Unnamed: 0,FellowshipID,FirstName,Skills,Age
0,1001.0,Frodo,Hiding,
1,1002.0,Samwise,Gardening,
2,1003.0,Gandalf,Spells,
3,1004.0,Pippin,Fireworks,
0,1001.0,Frodo,,50.0
1,1002.0,Samwise,,39.0
2,1006.0,Legolas,,2931.0
3,1007.0,Elrond,,6520.0
4,1008.0,Barromir,,51.0


In [48]:
pd.concat([df1,df2], join='inner')  

Unnamed: 0,FellowshipID,FirstName
0,1001.0,Frodo
1,1002.0,Samwise
2,1003.0,Gandalf
3,1004.0,Pippin
0,1001.0,Frodo
1,1002.0,Samwise
2,1006.0,Legolas
3,1007.0,Elrond
4,1008.0,Barromir


When we take inner it takes only the columns present in both the dataframes .

In [51]:
pd.concat([df1,df2], join='inner', axis=1)

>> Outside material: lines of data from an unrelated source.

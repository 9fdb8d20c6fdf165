// Lines of worked shares: a bid's, whole and entry by entry, and a sheet's, with their limits.
#![tactic(auto)]

mod of_bid;
mod of_dealer;
mod of_entry;

pub use of_dealer::fill;

pub fn print() {
    of_bid::print();
    of_entry::print();
    of_dealer::print();
}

Unnamed: 0,FellowshipID,FirstName,Skills,FellowshipID.1,FirstName.1,Age
0,1001.0,Frodo,Hiding,1001,Frodo,50
1,1002.0,Samwise,Gardening,1002,Samwise,39
2,1003.0,Gandalf,Spells,1006,Legolas,2931
3,1004.0,Pippin,Fireworks,1007,Elrond,6520


Here it is taking inner join based on the index and axis=1 makes dataframes stand side by side .

In [52]:
pd.concat([df1,df2], join='outer', axis=1)

Unnamed: 0,FellowshipID,FirstName,Skills,FellowshipID.1,FirstName.1,Age
0,1001.0,Frodo,Hiding,1001,Frodo,50
1,1002.0,Samwise,Gardening,1002,Samwise,39
2,1003.0,Gandalf,Spells,1006,Legolas,2931
3,1004.0,Pippin,Fireworks,1007,Elrond,6520
4,,,,1008,Barromir,51


Now when we take outer join it will give all the rows from first as well as second dataframe.